The Staten Island grand jury’s decision not to indict the police officer who used a chokehold on Eric Garner has hit a raw nerve in the black and immigrant communities in Queens. Although many had hoped the white officer would be held accountable in the death of a black man arrested for selling loose cigarettes after a video captured the entire incident, most were not surprised he walked free.
Such is the level of distrust between the communities of color and the police that expectations justice will be served are very low for non-white residents, which is potentially destabilizing in the nation’s most diverse county.
Queens has been down this road in the fatal shooting of bridegroom Sean Bell and the wounding of his two friends by undercover detectives outside a Jamaica nightclub in November 2006.
Queens DA Richard Brown obtained an indictment from the grand jury, but the cops were acquitted after a nonjury trial. The NYPD held an internal trial and one officer was fired, while three others were forced to resign.

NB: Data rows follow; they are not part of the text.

//! How each target is made with few products: from the syndromes, and from the targets before it.
ghost use Rattle.std.specs.Prelude.{◌≡◌, ℕ, ◌<◌, None, length, slice_index, bit_xor};
ghost use Rattle.syndromes.specs.Formulas.{IsFormula, IsNoneOr, AddsOnly, AreFormulas, share_of};
ghost use Rattle.syndromes.specs.Formulas.{shares_for};

/// A target is the sum of the syndromes, each times its factor, and of those targets before it
/// whose shares are given.
#[derive(Clone, Copy, Drop)]
pub(crate) struct Formula {
    /// What the syndromes are multiplied by where no other target is added.
    pub(crate) shares: [u8; 4],
    pub(crate) factors: [u8; 4],
    pub(crate) first: Option<[u8; 4]>,
    pub(crate) second: Option<[u8; 4]>,
    pub(crate) third: Option<[u8; 4]>,
}

/// The shares less those of a target that is added.
pub(crate) fn less(shares: [u8; 4], added: Option<[u8; 4]>) -> [u8; 4]
    ensures four { length result ≡ 4 }
    ensures each { (e : ℕ) → e < 4 → slice_index result e
        ≡ bit_xor (slice_index shares e) (share_of added e) }
{
    match added {
        None => shares,
        Some(added) => [
            shares[0] ^ added[0],
            shares[1] ^ added[1],
            shares[2] ^ added[2],
            shares[3] ^ added[3],
        ],
    }
}

/// The formula that adds these targets.
fn formula_with(
    shares: [u8; 4],
    first: Option<[u8; 4]>,
    second: Option<[u8; 4]>,
    third: Option<[u8; 4]>,
) -> Formula
    ensures formula { IsFormula result }
    ensures shares { result.shares ≡ shares }
    ensures first { result.first ≡ first }
    ensures second { result.second ≡ second }
    ensures third { result.third ≡ third }
{
    let factors = less(less(less(shares, first), second), third);
    Formula {
        shares,
        factors,
        first,
        second,
        third,
    }
}

/// The shares of a target where it is chosen.
fn chosen(is_chosen: bool, made: Option<[u8; 4]>) -> Option<[u8; 4]>
    ensures { IsNoneOr result made }
{
    if is_chosen { made } else { None }
}

/// How many sums take about as long as a product: more than the factors of a formula without
/// products.
const PRODUCT: u32 = 8;

/// About how long a factor takes, in sums.
fn cost_of(factor: u8) -> u32 {
    match factor {
        0 => 0,
        1 => 1,
        _ => PRODUCT,
    }
}

/// About how long a formula with these factors takes, in sums, without the targets that it adds.
fn cost(factors: [u8; 4]) -> u32 {
    cost_of(factors[0])
        .wrapping_add(cost_of(factors[1]))
        .wrapping_add(cost_of(factors[2]))
        .wrapping_add(cost_of(factors[3]))
}

/// The cheapest formula, where targets with these shares are made before.
fn cheapest(
    shares: [u8; 4],
    first: Option<[u8; 4]>,
    second: Option<[u8; 4]>,
    third: Option<[u8; 4]>,
) -> Formula
    ensures formula { IsFormula result }
    ensures shares { result.shares ≡ shares }
    ensures first { IsNoneOr result.first first }
    ensures second { IsNoneOr result.second second }
    ensures third { IsNoneOr result.third third }
{
    let count: u8 = match (first, second, third) {
        (_, _, Some(_)) => 8,
        (_, Some(_), _) => 4,
        (Some(_), _, _) => 2,
        _ => 1,
    };
    let mut best = 0;
    let mut least = cost(shares);
    for targets in 1..count {
        if least >= PRODUCT {
            let with_first = less(shares, chosen(targets & 1 != 0, first));
            let with_second = less(with_first, chosen(targets & 2 != 0, second));
            let tried = cost(less(with_second, chosen(targets & 4 != 0, third)));
            if tried < least {
                best = targets;
                least = tried;
            }
        }
    }
    formula_with(
        shares,
        chosen(best & 1 != 0, first),
        chosen(best & 2 != 0, second),
        chosen(best & 4 != 0, third),
    )
}

/// The cheapest formula for shares that are given.
fn formula_for(
    shares: Option<[u8; 4]>,
    first: Option<[u8; 4]>,
    second: Option<[u8; 4]>,
    third: Option<[u8; 4]>,
) -> Option<Formula>
    ensures shares { shares_for result ≡ shares }
    ensures adds { AddsOnly result first second third }
{
    match shares {
        None => None,
        Some(shares) => Some(cheapest(shares, first, second, third)),
    }
}

/// The formulas of four targets; None for one that is not wanted.
#[derive(Clone, Copy, Drop)]
pub(crate) struct Formulas {
    pub(crate) first: Option<Formula>,
    pub(crate) second: Option<Formula>,
    pub(crate) third: Option<Formula>,
    pub(crate) fourth: Option<Formula>,
}

/// The formulas of targets with these shares, which are made one after the other.
pub(crate) fn formulas_for(
    first: Option<[u8; 4]>,
    second: Option<[u8; 4]>,
    third: Option<[u8; 4]>,
    fourth: Option<[u8; 4]>,
) -> Formulas
    ensures are { AreFormulas result }
    ensures first { shares_for result.first ≡ first }
    ensures second { shares_for result.second ≡ second }
    ensures third { shares_for result.third ≡ third }
    ensures fourth { shares_for result.fourth ≡ fourth }
{
    Formulas {
        first: formula_for(first, None, None, None),
        second: formula_for(second, first, None, None),
        third: formula_for(third, first, second, None),
        fourth: formula_for(fourth, first, second, third),
    }
}
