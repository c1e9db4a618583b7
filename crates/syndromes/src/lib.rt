//! Sums of the four syndromes of sixteen lists of bytes, which `one_pass` defines, by any shares.
//! Shares of a usual pattern are left to `one_pass`; for others the syndromes of a block of places
//! are written into four lists.
//!
//! No call allocates, and none refuses.
#![tactic(auto)]

mod blocks;
mod combine;
mod dispatch;
mod formulas;
mod pass;

pub use combine::combine_syndromes;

Justice was not perfect in this far less transparent case, but there were consequences for the four black and white officers, who fired 50 shots at three young black men.
The Justice Department is investigating the Garner homicide, the NYPD is undertaking its own probe and the state attorney general has asked to be named a special prosecutor in police killing cases.
Queens and the rest of the city are deeply troubled by the issue of race, the last taboo in our nation. Nonwhites have a different perception and experience of what it means to live in this city than white residents, who still turned out in droves to join the Garner protests.
The recent deaths of Garner and several young black men at the hands of police have brought race out of the closet and forced us to examine our views.
“This nation is not going to be able to sustain itself unless we invest in our black and brown boys,” David Banks, founder of the Eagle Academy schools for inner city boys, told a gathering in southeast Queens this weekend.
President Obama, who has lived on both sides of the racial divide, should lead a national dialogue on race. As our first black president, one of his most important legacies could be to set the agenda for America by talking frankly about his own deep struggles with race.
It’s time we all looked prejudice in the eye.